Records from a collection:
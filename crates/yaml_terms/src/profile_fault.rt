//! The faults of the refusal table.

ghost use Rattle.std.specs.Prelude.{◌≡◌};
ghost use Rattle.yaml_terms.specs.FaultOrder.{earlier as earlier_def};

/// Why a line has no place after the lines before it. A line that has several faults is named by
/// the first.
#[derive(Clone, Copy, Debug, PartialEq, Eq, Drop)]
pub enum ProfileFault {
    /// A character below U+0020 other than a tab, or U+007F; a CR is one unless an LF follows it.
    Control,
    /// A tab before the first character that is no blank, or after a dash.
    Tab,
    /// A construct of YAML that this profile leaves out.
    LeftOut,
    /// An indentation at which nothing open can go on and nothing can begin.
    Indent,
    /// A quoted scalar without its end, or something other than a comment after it.
    Quote,
    /// An escape other than the four.
    Escape,
    /// A one-line list of another form, or a beginning with a comma or a closing bracket.
    FlowForm,
    /// No entry or item where one is required, a colon before a blank in a value, or no form at
    /// all.
    Colon,
    /// A key that its map has already.
    DuplicateKey,
    /// A map or list at a depth above the limit.
    TooDeep,
}

impl ProfileFault {
    ghost use Rattle.std.specs.Prelude.{◌≡◌};
    ghost use Rattle.yaml_terms.specs.FaultOrder.{place};
    ghost use Rattle.yaml_terms.specs.Words.{word};

    /// Its word, by which a refusal names it.
    pub fn word(self) -> &'static str
        ensures { result.now ≡ word self }
    {
        match self {
            ProfileFault::Control => "control",
            ProfileFault::Tab => "tab",
            ProfileFault::LeftOut => "left_out",
            ProfileFault::Indent => "indent",
            ProfileFault::Quote => "quote",
            ProfileFault::Escape => "escape",
            ProfileFault::FlowForm => "flow_form",
            ProfileFault::Colon => "colon",
            ProfileFault::DuplicateKey => "duplicate_key",
            ProfileFault::TooDeep => "too_deep",
        }
    }

    /// The fault's place in the table.
    pub fn place(self) -> u8
        ensures { result ≡ place self }
    {
        match self {
            ProfileFault::Control => 0,
            ProfileFault::Tab => 1,
            ProfileFault::LeftOut => 2,
            ProfileFault::Indent => 3,
            ProfileFault::Quote => 4,
            ProfileFault::Escape => 5,
            ProfileFault::FlowForm => 6,
            ProfileFault::Colon => 7,
            ProfileFault::DuplicateKey => 8,
            ProfileFault::TooDeep => 9,
        }
    }
}

/// The earlier of two faults, each perhaps not there.
pub fn earlier(one: Option<ProfileFault>, other: Option<ProfileFault>) -> Option<ProfileFault>
    ensures { result ≡ earlier_def one other }
{
    match one {
        None => other,
        Some(fault) => match other {
            None => Some(fault),
            Some(next) => {
                if fault.place() <= next.place() {
                    Some(fault)
                } else {
                    Some(next)
                }
            }
        },
    }
}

◆ Task brief: Filter the entries and copy out every line with the word "before".

◆ Solution to this problem:
/// Why a line has no place after the lines before it. A line that has several faults is named by
    /// A tab before the first character that is no blank, or after a dash.
    /// No entry or item where one is required, a colon before a blank in a value, or no form at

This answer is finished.